_TASK GOAL_
Would you output the entries below only from the line containing "rows) (world_in self.old)" through the line containing "status_in s ≡ status_in_engine", exactly as they stand and with both ends included?

_DATA EXCERPTS_
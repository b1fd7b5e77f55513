//! Answers what clients call.
ghost use Rattle.std.specs.Prelude.{◌≡◌, ◌⊎◌, ℕ, Err, IfErr, IfOk, None, OnErr, OnOk};
ghost use Rattle.std.specs.Prelude.{slice_get};
ghost use Rattle.std.specs.Option.{option_copied};
ghost use Rattle.plan.specs.Chart.{given_by};
ghost use Rattle.reference.specs.Alike.{Alike};
ghost use Rattle.reference.specs.CallViews.{handed_of, texts_of};
ghost use Rattle.reference.specs.Looks.{NeedsWhole, Sees, look_at, look_of, seen_in, seen_of};
ghost use Rattle.reference.specs.Steps.{AreNext};
ghost use Rattle.reference.specs.Status.{status_of};
ghost use Rattle.reference.specs.StatusViews.{status_in};
ghost use Rattle.reference.specs.World.{Does, Drains, IsPlenty, Looks, append_step, declare_step};
ghost use Rattle.reference.specs.World.{drain_step, drop_step, heartbeat_step, peek_at};
ghost use Rattle.reference.specs.World.{register_step, take_step};
ghost use Rattle.reference.specs.declared.fault.Fault.TheVariants.{OutOfMemory, TooManyLeases};
ghost use Rattle.stream_store.specs.Gains.{QueuesGain};
ghost use Rattle.run_queue.specs.Slots.{first_of};
ghost use Rattle.laws_engine.specs.Calls.{appended, declared, dropped, heartbeat_taken};
ghost use Rattle.laws_engine.specs.Openings.{forgotten};
ghost use Rattle.laws_engine.specs.Promises.{AreCompleteUpto, HasAllWaiting, KeepsItsPromises};
ghost use Rattle.leases.specs.ByQuery.{RunsByQuery};
ghost use Rattle.leases.specs.Drains.{LeavesOthers};
ghost use Rattle.leases.specs.Forgets.{HasNoneToForget};
ghost use Rattle.leases.specs.Looks.{Shows, status_in_engine};
ghost use Rattle.leases.specs.Queues.{LeavesQueues, LengthensQueues};
ghost use Rattle.leases.specs.Registering.{Registers};
ghost use Rattle.leases.specs.Shown.{engine_in, world_in};
ghost use Rattle.leases.specs.Takes.{Peeks, Takes};
ghost use Rattle.leases.specs.Whole.{HasNumbers, IsWhole};

use crate::engine::Engine;
use answer_rows::AnswerRows;
use envelope::Slope;
use plan::{Chart, NodeKind};
use reference::{Answering, Fault, Look, NewRows, Seen, Status, query_place};
use values::Row;

impl Answering for Engine {
    ghost world = { world_in };

    ghost is_whole = { IsWhole };

    ghost has_numbers = { HasNumbers };

    fn stream(&mut self, name: &str, columns: &[String], from: i64) -> Result<u64, Fault>
        ensures does { Does (λ (n : ℕ). n) (world_in self.old)
            (declare_step (world_in self.old) name.now (texts_of columns.now) from) result
            (world_in self.new) }
        ensures whole { IsWhole self.old → IsWhole self.new }
        ensures spent { HasNumbers self.new → HasNumbers self.old }
        ensures engine { OnOk result (engine_in self.new
            ≡ declared (engine_in self.old) name.now (texts_of columns.now) from) }
        ensures err { OnErr result (engine_in self.new ≡ engine_in self.old) }
        ensures promises { KeepsItsPromises (engine_in self.new) }
    {
        self.state.streams.declare(name, columns, from)
    }

    fn query(&mut self, name: &str, text: &str, chart: Option<&Chart>) -> Result<u64, Fault>
        ensures does { Does (λ (n : ℕ). n) (world_in self.old)
            (register_step (world_in self.old) name.now text.now
            (given_by (option_copied chart.entry))) result (world_in self.new) }
        ensures whole { IsWhole self.old → IsWhole self.new }
        ensures spent { HasNumbers self.new → HasNumbers self.old }
        ensures engine { OnOk result
            (Registers (engine_in self.old) name.now text.now
            (given_by (option_copied chart.entry)) (engine_in self.new)) }
        ensures err { OnErr result (engine_in self.new ≡ engine_in self.old) }
        ensures promises { KeepsItsPromises (engine_in self.new) }
    {
        self.state.query(name, text, chart)
    }

    fn append(&mut self, stream: u64, rows: &NewRows) -> Result<(), Fault>
        ensures does { Does (λ u. u) (world_in self.old)
            (append_step (world_in self.old) stream rows.now) result (world_in self.new) }
        ensures whole { IsWhole self.old → IsWhole self.new }
        ensures spent { HasNumbers self.new → HasNumbers self.old }
        ensures engine { OnOk result (engine_in self.new
            ≡ appended (engine_in self.old) stream rows.now) }
        ensures queues { LeavesQueues (engine_in self.old) (engine_in self.new) }
        ensures err { OnErr result (engine_in self.new ≡ engine_in self.old) }
        ensures promises { KeepsItsPromises (engine_in self.new) }
    {
        let most = self.state.undropped.most_rows(stream);
        let before = self.state.streams.arrivals(stream);
        let answer = self.state.streams.append(stream, rows, most);
        self.state.count_stored(stream, before);
        answer
    }

    fn heartbeat(&mut self, stream: u64, at: i64) -> Result<(), Fault>
        ensures does { Does (λ u. u) (world_in self.old)
            (heartbeat_step (world_in self.old) stream at) result (world_in self.new) }
        ensures whole { IsWhole self.old → IsWhole self.new }
        ensures spent { HasNumbers self.new → HasNumbers self.old }
        ensures engine { OnOk result (engine_in self.new
            ≡ heartbeat_taken (engine_in self.old) stream at) }
        ensures closes { OnOk result
            (QueuesGain (slice_get (engine_in self.old).machine.streams stream) at) }
        ensures queues { OnOk result
            (LengthensQueues stream at (engine_in self.old) (engine_in self.new)) }
        ensures err { OnErr result (engine_in self.new ≡ engine_in self.old) }
        ensures promises { KeepsItsPromises (engine_in self.new) }
    {
        self.state.heartbeat(stream, at)
    }

    fn drain(&mut self, rows: u32) -> Result<(), Fault>
        ensures does { IsWhole self.old
            → Drains (world_in self.old) (drain_step (world_in self.old) rows) result
            (world_in self.new) }
        ensures whole { IsWhole self.old → IsPlenty result → IsWhole self.new }
        ensures spent { HasNumbers self.new → HasNumbers self.old }
        ensures numbers { IsWhole self.old → result ≡ Err TooManyLeases → ¬ HasNumbers self.new }
        ensures stays_whole { IsWhole self.old → IsWhole self.new }
        ensures runs { RunsByQuery (engine_in self.old) rows result (engine_in self.new) }
        ensures others { LeavesOthers (engine_in self.old) (engine_in self.new) }
        ensures machine { (engine_in self.new).machine ≡ (engine_in self.old).machine }
        ensures idle { OnOk result (first_of (engine_in self.new).slots ≡ None) }
        ensures all { OnOk result (HasAllWaiting (engine_in self.new)) }
        ensures promises { KeepsItsPromises (engine_in self.new) }
    {
        self.state.drain(rows)
    }

    fn take(&mut self, query: u64, limit: i64) -> Result<Vec<(i64, Row)>, Fault>
        ensures does { IsWhole self.old
            → Does (λ v. handed_of v.items) (world_in self.old)
            (take_step (world_in self.old) query limit) result (world_in self.new) }
        ensures whole { IsWhole self.old → IsWhole self.new }
        ensures spent { HasNumbers self.new → HasNumbers self.old }
        ensures next { IfOk result (λ v.
            AreNext (world_in self.old).machine query limit (handed_of v.items)) }
        ensures takes { Takes (λ v. handed_of v.items) (engine_in self.old) query limit result
            (engine_in self.new) }
        ensures promises { KeepsItsPromises (engine_in self.new) }
    {
        self.state.take(query, limit)
    }

    fn take_flat(&mut self, query: u64, limit: i64) -> Result<AnswerRows, Fault>
        ensures does { IsWhole self.old
            → Does (λ rows. rows) (world_in self.old)
            (take_step (world_in self.old) query limit) result (world_in self.new) }
        ensures whole { IsWhole self.old → IsWhole self.new }
        ensures spent { HasNumbers self.new → HasNumbers self.old }
        ensures next { IfOk result (AreNext (world_in self.old).machine query limit) }
        ensures takes { Takes (λ rows. rows) (engine_in self.old) query limit result
            (engine_in self.new) }
        ensures promises { KeepsItsPromises (engine_in self.new) }
    {
        self.state.take_flat(query, limit)
    }

    fn peek(&self, query: u64, limit: i64) -> Result<AnswerRows, Fault>
        ensures looks { IsWhole self.now
            → Looks (λ rows. rows) (peek_at (world_in self.now) query limit) result }
        ensures next { IfOk result (AreNext (world_in self.now).machine query limit) }
        ensures peeks { Peeks (λ rows. rows) (engine_in self.now) query limit result }
    {
        self.state.peek(query, limit)
    }

    fn status(&self) -> Result<Status, Fault>
        ensures is { IsWhole self.now
            → IfOk result (λ s. status_in s ≡ status_of (world_in self.now)) }
        ensures want { IfErr result (λ fault. fault ≡ OutOfMemory) }
        ensures engine { IfOk result (λ s.
            status_in s ≡ status_in_engine (engine_in self.now)) }
        ensures upto { AreCompleteUpto (engine_in self.now) }
    {
        Ok(self.state.status()?)
    }

    fn drop_query(&mut self, query: u64) -> Result<(), Fault>
        ensures does { result ≡ (drop_step (world_in self.old) query).0 }
        ensures world { world_in self.new ≡ (drop_step (world_in self.old) query).1 }
        ensures whole { IsWhole self.old → IsWhole self.new }
        ensures spent { HasNumbers self.new → HasNumbers self.old }
        ensures engine { OnOk result (engine_in self.new ≡ dropped (engine_in self.old) query) }
        ensures err { OnErr result (engine_in self.new ≡ engine_in self.old) }
        ensures promises { KeepsItsPromises (engine_in self.new) }
    {
        self.state.drop_query(query)
    }

    /// Gives up the rows that no query needs. Queues, turns that are out and waiting answers stay
    /// as they are. A broken query keeps its waiting answers and gets no more.
    ///
    /// It costs the rows that are held times the windows over their streams, plus the queries that
    /// were ever registered. Waiting answers stay where they are.
    ///
    /// # Errors
    /// `OutOfMemory` when out of memory; then nothing has changed.
    ///
    /// Example: `a_forget_keeps_what_queries_need` in crates/uses/src/engine.rt.
    fn forget(&mut self) -> Result<(), Fault>
        ensures alike { IsWhole self.old
            → OnOk result (Alike (world_in self.old) (world_in self.new)) }
        ensures fault { IfErr result (λ fault. fault ≡ OutOfMemory) }
        ensures err { OnErr result (engine_in self.new ≡ engine_in self.old) }
        ensures whole { IsWhole self.old → IsWhole self.new }
        ensures numbers { HasNumbers self.old → HasNumbers self.new }
        ensures spent { HasNumbers self.new → HasNumbers self.old }
        ensures forgotten { OnOk result (engine_in self.new ≡ forgotten (engine_in self.old)) }
        ensures queues { LeavesQueues (engine_in self.old) (engine_in self.new) }
        ensures promises { KeepsItsPromises (engine_in self.new) }
    {
        Ok(self.state.forget()?)
    }

    /// Forgets if more is stored than twice what the last forgetting left, and 1,024 rows.
    /// Registered queries count too. When out of memory, it puts that off.
    ///
    /// Example: `a_tidy_waits_until_it_pays` in crates/uses/src/engine.rt.
    fn tidy(&mut self)
        ensures pays { HasNoneToForget self.new }
        ensures alike { IsWhole self.old → Alike (world_in self.old) (world_in self.new) }
        ensures whole { IsWhole self.old → IsWhole self.new }
        ensures numbers { HasNumbers self.old → HasNumbers self.new }
        ensures spent { HasNumbers self.new → HasNumbers self.old }
        ensures forgotten { (engine_in self.new ≡ engine_in self.old)
            ⊎ (engine_in self.new ≡ forgotten (engine_in self.old)) }
        ensures queues { LeavesQueues (engine_in self.old) (engine_in self.new) }
        ensures promises { KeepsItsPromises (engine_in self.new) }
    {
        self.state.tidy();
    }

    fn slopes(&self, query: u64) -> Result<Vec<(NodeKind, Slope)>, Fault> {
        self.state.slopes(query)
    }

    fn look(&self, look: &Look) -> Result<Seen, Fault>
        ensures looks { (NeedsWhole (look_of look.now) → IsWhole self.now)
            → Looks seen_of (look_at (world_in self.now) (look_of look.now)) result }
        ensures sees { Sees (world_in self.now) (look_of look.now) (seen_in result) }
        ensures shows { Shows (engine_in self.now) (look_of look.now) (seen_in result) }
    {
        self.seen(look)
    }

    #[tactic(auto, unfolding(reference::specs::World::stream_named))]
    fn stream_named(&self, name: &str) -> Option<u64> {
        self.state.streams.named(name)
    }

    #[tactic(auto, unfolding(reference::specs::World::query_named))]
    fn query_named(&self, name: &str) -> Option<u64> {
        let names = self.state.undropped.names();
        query_place(names, name)
    }
}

_YOUR SOLUTION_
            → Does (λ rows. rows) (world_in self.old)
            (take_step (world_in self.old) query limit) result (world_in self.new) }
        ensures whole { IsWhole self.old → IsWhole self.new }
        ensures spent { HasNumbers self.new → HasNumbers self.old }
        ensures next { IfOk result (AreNext (world_in self.old).machine query limit) }
        ensures takes { Takes (λ rows. rows) (engine_in self.old) query limit result
            (engine_in self.new) }
        ensures promises { KeepsItsPromises (engine_in self.new) }
    {
        self.state.take_flat(query, limit)
    }

    fn peek(&self, query: u64, limit: i64) -> Result<AnswerRows, Fault>
        ensures looks { IsWhole self.now
            → Looks (λ rows. rows) (peek_at (world_in self.now) query limit) result }
        ensures next { IfOk result (AreNext (world_in self.now).machine query limit) }
        ensures peeks { Peeks (λ rows. rows) (engine_in self.now) query limit result }
    {
        self.state.peek(query, limit)
    }

    fn status(&self) -> Result<Status, Fault>
        ensures is { IsWhole self.now
            → IfOk result (λ s. status_in s ≡ status_of (world_in self.now)) }
        ensures want { IfErr result (λ fault. fault ≡ OutOfMemory) }
        ensures engine { IfOk result (λ s.
            status_in s ≡ status_in_engine (engine_in self.now)) }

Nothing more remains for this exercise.